Dataset entries:
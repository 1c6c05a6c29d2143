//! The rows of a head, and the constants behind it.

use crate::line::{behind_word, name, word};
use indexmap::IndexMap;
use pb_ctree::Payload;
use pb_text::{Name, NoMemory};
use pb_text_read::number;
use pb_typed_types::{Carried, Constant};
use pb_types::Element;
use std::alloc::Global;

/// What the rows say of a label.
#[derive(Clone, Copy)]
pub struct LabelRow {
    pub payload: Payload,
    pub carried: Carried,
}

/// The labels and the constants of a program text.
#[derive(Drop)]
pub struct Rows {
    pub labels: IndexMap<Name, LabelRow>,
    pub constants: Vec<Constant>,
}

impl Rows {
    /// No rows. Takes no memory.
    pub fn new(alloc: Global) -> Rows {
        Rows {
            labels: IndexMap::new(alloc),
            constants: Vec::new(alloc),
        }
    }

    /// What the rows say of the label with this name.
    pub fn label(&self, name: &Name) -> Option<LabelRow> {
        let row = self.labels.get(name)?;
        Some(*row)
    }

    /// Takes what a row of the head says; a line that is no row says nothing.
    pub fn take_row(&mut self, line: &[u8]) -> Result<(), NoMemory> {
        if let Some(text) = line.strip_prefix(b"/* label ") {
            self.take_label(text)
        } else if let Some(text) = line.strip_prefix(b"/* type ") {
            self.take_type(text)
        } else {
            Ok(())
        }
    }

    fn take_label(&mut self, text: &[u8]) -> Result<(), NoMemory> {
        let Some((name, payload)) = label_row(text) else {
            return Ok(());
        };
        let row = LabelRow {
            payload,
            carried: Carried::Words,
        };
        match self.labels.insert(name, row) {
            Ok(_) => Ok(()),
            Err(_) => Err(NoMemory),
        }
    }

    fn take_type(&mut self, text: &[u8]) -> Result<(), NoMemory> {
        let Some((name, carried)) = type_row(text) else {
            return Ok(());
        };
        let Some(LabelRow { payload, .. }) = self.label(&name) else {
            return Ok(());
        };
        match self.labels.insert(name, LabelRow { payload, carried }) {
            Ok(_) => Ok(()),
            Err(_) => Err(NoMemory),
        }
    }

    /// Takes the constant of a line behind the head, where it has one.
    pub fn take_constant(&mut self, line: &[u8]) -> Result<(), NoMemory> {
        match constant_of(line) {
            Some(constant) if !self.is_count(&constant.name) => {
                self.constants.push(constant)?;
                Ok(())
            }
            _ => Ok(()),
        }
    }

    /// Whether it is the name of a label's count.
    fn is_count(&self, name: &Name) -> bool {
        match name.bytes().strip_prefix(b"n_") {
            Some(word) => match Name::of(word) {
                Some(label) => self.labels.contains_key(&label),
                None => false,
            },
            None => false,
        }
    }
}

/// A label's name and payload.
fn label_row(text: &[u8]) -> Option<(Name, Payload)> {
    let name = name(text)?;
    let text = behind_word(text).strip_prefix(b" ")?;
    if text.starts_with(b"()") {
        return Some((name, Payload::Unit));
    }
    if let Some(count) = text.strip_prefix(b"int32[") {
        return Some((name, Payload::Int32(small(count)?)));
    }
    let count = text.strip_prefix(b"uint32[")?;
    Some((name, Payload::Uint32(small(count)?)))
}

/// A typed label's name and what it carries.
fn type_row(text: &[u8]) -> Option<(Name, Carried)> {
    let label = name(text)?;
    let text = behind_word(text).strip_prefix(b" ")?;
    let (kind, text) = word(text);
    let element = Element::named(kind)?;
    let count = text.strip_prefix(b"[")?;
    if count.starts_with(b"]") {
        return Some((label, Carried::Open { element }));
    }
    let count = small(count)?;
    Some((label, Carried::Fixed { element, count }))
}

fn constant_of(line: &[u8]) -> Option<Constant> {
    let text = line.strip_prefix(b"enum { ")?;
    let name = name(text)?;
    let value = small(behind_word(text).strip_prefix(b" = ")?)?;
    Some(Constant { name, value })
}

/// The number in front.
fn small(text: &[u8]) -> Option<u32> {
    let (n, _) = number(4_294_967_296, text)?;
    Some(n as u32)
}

--

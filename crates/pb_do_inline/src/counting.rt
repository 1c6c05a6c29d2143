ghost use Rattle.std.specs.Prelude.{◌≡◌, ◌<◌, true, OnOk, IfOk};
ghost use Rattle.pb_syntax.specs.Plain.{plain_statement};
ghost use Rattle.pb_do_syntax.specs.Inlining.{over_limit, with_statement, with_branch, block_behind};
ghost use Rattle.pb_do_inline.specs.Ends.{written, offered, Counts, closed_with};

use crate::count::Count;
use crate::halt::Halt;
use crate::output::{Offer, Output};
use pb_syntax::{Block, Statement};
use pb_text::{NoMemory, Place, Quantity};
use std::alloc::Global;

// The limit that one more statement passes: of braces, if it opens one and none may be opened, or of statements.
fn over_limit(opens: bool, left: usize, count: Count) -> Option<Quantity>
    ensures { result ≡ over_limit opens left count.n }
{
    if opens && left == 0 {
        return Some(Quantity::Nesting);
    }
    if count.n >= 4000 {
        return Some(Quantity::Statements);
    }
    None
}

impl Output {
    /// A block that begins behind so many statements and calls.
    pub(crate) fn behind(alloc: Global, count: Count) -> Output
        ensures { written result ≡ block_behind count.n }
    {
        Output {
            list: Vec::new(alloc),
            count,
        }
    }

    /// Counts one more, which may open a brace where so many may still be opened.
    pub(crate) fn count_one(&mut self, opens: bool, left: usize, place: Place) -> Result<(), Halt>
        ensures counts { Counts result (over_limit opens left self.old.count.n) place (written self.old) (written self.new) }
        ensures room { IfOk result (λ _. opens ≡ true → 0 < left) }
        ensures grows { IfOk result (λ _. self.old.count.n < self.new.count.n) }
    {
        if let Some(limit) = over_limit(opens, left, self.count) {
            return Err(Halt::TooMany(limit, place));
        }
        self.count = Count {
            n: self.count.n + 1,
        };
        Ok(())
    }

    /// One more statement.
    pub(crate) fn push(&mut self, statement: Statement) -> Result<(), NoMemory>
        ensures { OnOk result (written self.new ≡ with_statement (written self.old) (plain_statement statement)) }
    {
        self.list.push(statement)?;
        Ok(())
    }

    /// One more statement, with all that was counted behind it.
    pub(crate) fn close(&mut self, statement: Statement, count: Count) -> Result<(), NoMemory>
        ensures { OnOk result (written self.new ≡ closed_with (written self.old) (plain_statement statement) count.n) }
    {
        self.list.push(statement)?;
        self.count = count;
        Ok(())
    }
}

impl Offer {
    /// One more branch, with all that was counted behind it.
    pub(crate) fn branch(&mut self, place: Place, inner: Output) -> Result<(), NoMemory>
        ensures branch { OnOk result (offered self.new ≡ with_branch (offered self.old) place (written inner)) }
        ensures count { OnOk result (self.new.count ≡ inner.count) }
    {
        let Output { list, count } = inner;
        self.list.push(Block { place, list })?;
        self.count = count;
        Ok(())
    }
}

#### Task
Search the records for the word "Halt" and copy every line where it occurs.

#### Output of the exercise
use crate::halt::Halt;
    pub(crate) fn count_one(&mut self, opens: bool, left: usize, place: Place) -> Result<(), Halt>
            return Err(Halt::TooMany(limit, place));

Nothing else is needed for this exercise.